Data records:
● ● ● ● ● ● ●
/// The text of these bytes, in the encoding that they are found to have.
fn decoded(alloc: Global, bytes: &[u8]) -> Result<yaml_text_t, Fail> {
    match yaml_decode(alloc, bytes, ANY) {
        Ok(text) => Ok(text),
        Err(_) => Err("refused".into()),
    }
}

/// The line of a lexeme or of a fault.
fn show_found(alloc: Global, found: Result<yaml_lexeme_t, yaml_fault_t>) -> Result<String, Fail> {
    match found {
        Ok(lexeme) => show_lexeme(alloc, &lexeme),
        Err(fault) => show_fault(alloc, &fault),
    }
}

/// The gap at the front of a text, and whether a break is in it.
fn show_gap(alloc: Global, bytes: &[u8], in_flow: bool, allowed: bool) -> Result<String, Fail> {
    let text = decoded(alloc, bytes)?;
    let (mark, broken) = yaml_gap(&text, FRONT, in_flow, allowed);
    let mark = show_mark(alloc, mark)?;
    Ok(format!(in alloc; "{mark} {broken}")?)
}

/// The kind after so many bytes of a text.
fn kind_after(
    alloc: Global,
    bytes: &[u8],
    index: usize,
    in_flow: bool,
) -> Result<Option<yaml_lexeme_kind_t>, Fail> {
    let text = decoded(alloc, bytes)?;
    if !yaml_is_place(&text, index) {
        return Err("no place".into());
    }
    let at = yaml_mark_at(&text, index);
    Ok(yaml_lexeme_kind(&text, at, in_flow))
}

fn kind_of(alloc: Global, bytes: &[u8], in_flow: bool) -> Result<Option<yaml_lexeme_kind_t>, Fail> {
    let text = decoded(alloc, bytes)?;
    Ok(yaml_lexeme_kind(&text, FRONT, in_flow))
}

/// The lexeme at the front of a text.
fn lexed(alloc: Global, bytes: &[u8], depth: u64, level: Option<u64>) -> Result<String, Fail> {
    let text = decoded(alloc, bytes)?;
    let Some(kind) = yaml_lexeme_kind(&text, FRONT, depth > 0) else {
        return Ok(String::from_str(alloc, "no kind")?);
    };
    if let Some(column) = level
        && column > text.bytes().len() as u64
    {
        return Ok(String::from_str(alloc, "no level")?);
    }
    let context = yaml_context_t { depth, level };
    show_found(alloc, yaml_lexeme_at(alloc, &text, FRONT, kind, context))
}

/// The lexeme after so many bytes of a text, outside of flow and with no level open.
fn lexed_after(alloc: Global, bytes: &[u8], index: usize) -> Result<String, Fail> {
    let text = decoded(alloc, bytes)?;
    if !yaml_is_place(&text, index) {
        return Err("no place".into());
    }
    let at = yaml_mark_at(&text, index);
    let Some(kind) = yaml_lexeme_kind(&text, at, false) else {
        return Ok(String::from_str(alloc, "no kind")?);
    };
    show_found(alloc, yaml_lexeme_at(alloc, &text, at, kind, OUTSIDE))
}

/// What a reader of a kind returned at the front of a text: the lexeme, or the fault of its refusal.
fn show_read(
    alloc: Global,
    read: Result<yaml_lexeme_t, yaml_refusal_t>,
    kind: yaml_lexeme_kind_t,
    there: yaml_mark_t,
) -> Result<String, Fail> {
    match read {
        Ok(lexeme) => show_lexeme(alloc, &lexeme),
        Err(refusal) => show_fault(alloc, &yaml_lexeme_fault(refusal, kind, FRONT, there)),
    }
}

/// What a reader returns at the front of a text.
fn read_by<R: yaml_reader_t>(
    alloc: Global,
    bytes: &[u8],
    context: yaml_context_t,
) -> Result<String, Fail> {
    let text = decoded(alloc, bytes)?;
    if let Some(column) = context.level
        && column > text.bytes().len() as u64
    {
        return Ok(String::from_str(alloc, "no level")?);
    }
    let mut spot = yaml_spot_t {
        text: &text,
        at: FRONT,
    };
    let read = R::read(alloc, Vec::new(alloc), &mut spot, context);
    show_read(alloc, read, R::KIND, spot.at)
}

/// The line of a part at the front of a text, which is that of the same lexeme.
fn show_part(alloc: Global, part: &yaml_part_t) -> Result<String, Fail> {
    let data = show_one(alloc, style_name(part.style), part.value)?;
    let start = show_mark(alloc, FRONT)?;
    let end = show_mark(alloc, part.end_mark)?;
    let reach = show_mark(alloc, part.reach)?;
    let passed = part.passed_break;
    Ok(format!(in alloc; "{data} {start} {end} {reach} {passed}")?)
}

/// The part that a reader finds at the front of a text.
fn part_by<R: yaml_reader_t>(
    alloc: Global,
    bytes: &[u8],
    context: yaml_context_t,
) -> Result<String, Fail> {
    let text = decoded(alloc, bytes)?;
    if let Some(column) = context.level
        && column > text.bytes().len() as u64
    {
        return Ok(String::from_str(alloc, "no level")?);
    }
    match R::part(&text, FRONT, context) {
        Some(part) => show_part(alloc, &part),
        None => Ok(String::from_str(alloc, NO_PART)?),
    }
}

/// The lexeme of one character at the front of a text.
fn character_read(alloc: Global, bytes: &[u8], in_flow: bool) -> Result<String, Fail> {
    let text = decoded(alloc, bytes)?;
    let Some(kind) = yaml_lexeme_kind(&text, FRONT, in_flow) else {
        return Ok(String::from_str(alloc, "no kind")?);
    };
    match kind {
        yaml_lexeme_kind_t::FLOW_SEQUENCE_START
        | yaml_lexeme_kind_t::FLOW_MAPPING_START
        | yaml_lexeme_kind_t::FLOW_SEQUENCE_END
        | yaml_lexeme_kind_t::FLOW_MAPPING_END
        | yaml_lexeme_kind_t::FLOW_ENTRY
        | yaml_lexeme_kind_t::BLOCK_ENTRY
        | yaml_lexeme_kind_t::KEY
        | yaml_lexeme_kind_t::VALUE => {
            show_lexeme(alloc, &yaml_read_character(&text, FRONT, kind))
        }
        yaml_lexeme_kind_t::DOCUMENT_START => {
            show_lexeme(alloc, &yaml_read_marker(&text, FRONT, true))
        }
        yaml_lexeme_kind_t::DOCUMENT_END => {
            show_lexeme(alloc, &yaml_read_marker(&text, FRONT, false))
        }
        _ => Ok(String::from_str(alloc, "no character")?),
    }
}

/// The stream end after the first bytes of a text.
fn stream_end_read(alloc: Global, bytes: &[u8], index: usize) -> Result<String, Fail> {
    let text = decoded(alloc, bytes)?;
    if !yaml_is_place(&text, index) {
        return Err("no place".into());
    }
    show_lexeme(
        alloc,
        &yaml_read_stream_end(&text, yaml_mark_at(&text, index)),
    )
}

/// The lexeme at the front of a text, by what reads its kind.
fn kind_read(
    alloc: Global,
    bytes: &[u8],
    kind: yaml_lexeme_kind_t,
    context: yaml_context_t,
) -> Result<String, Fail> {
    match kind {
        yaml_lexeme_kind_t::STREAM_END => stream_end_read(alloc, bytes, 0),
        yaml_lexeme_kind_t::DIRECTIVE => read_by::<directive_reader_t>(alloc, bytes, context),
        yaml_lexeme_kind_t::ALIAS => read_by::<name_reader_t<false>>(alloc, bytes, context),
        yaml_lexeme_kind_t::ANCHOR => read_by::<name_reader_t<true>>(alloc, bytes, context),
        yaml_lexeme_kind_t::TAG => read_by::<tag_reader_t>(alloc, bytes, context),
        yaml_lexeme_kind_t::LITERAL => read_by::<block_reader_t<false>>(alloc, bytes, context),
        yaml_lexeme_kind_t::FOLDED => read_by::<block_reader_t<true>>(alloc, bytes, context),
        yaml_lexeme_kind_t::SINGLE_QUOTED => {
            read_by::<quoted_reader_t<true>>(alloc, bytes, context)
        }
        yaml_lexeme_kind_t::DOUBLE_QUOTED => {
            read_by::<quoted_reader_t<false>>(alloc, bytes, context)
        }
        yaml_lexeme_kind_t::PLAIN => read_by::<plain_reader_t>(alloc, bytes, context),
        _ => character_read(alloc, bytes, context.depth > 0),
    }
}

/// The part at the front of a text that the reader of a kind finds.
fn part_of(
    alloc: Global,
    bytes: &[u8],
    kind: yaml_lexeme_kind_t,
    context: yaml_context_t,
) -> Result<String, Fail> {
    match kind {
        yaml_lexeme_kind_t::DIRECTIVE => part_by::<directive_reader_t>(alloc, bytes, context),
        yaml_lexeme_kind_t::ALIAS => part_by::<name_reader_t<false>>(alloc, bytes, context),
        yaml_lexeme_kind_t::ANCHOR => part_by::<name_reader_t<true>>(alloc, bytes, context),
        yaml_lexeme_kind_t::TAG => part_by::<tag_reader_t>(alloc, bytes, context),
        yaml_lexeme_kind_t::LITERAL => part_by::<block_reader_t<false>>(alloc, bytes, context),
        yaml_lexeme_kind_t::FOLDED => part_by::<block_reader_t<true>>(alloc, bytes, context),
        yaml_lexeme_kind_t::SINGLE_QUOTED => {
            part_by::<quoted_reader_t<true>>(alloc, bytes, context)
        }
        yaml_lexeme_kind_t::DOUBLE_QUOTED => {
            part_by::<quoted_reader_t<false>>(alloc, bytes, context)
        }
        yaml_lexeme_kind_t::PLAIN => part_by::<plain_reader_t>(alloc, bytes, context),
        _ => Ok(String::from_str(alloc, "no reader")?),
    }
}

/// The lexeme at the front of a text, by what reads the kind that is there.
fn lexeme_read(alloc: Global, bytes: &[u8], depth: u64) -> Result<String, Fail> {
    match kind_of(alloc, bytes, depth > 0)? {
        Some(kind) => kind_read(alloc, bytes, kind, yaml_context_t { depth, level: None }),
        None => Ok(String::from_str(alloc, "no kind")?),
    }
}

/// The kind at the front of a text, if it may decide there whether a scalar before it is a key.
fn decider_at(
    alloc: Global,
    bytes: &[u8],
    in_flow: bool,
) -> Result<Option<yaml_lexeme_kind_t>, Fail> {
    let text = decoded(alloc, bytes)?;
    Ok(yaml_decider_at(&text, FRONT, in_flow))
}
● ● ● ● ● ● ●
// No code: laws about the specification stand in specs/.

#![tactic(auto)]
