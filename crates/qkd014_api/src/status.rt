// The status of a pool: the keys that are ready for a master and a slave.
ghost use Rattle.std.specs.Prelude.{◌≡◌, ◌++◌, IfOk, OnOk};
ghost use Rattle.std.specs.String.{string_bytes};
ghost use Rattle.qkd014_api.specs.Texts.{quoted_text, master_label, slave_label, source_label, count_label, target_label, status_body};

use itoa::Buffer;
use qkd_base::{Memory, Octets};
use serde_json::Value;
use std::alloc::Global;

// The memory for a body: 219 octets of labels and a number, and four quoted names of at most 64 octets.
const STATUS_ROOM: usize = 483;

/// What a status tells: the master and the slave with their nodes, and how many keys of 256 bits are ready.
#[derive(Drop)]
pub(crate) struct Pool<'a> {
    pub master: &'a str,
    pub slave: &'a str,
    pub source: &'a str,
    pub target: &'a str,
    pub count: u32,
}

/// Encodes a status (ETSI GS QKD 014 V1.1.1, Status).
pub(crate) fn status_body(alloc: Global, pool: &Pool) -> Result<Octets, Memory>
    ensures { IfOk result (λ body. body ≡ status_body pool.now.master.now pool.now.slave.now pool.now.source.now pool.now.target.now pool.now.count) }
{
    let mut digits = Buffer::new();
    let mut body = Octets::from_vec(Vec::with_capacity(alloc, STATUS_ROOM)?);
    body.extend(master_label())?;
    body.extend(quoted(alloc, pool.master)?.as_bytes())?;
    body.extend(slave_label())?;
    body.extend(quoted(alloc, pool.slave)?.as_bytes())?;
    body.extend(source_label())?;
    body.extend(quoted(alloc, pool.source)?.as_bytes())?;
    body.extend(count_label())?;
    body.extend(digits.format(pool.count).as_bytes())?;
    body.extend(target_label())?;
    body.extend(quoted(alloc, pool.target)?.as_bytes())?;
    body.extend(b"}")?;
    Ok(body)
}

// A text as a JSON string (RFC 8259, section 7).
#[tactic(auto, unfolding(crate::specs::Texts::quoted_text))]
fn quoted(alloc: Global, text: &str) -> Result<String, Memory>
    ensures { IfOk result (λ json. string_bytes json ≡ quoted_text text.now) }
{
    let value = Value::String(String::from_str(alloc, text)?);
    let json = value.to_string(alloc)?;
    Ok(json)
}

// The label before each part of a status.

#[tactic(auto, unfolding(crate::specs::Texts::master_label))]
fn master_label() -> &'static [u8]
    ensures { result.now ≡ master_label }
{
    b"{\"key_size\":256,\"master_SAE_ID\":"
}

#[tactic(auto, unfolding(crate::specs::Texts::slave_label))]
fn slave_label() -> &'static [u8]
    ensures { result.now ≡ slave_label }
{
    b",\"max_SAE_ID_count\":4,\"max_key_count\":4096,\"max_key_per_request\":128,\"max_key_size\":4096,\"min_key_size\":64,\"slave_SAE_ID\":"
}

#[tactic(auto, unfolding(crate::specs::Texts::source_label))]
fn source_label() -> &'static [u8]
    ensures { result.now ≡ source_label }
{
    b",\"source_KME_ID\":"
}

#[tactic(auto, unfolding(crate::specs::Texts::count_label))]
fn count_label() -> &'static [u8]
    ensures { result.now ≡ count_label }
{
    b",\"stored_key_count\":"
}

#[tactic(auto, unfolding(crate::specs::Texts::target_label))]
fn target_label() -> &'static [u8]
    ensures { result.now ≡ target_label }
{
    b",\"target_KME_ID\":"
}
● ● ● ● ● ● ●
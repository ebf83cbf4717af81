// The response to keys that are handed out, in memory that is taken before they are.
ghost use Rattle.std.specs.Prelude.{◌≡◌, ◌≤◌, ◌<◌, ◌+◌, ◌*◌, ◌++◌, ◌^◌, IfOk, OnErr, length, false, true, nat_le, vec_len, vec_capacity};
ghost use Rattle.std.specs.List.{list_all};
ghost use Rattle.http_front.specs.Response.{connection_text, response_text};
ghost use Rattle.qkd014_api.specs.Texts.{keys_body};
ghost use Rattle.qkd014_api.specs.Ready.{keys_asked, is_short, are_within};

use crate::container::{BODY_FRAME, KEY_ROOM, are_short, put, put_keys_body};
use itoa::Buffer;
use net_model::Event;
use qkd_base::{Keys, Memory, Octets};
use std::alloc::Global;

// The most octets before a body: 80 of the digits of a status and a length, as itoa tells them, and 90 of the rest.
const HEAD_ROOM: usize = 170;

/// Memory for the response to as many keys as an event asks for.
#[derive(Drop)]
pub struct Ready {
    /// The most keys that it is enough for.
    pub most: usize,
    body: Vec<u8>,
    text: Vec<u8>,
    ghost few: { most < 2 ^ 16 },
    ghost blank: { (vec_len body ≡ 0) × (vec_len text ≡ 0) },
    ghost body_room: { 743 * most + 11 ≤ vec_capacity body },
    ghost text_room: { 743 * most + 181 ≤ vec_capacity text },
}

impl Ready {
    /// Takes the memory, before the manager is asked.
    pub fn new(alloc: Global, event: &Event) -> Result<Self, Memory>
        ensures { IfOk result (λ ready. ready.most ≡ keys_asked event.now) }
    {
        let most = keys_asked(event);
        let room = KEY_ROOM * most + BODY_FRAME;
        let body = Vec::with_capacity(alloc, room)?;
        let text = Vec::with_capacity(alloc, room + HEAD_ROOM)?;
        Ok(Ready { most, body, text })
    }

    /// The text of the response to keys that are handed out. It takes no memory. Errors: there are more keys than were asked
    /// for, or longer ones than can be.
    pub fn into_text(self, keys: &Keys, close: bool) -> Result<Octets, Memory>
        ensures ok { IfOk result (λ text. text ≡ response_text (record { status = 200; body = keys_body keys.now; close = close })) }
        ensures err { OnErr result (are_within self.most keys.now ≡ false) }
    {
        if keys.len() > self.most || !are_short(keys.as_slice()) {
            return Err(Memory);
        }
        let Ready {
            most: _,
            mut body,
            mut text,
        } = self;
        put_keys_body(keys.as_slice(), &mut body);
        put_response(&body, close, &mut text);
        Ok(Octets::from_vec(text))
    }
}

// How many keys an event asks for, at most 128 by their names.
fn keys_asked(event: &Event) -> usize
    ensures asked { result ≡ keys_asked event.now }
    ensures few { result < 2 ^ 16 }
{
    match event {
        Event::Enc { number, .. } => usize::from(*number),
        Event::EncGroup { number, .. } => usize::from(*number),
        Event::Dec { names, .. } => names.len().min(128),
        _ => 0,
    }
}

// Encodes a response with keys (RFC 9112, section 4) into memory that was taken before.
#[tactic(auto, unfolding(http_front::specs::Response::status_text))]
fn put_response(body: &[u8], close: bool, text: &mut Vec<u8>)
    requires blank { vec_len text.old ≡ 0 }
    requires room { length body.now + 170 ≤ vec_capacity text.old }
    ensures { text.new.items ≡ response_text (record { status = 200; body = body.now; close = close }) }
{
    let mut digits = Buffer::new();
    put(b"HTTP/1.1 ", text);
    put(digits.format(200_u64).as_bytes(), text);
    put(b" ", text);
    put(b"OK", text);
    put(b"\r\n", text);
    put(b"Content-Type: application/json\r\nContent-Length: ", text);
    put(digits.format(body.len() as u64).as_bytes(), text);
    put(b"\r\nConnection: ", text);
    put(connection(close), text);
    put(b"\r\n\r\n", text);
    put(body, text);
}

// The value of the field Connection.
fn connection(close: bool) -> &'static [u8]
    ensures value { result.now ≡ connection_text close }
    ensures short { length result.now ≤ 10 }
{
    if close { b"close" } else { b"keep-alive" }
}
● ● ● ● ● ● ●
#### [Work order]
Across the records above, count the lines holding "finds" and reply with that number alone.

#### [The completed task]
2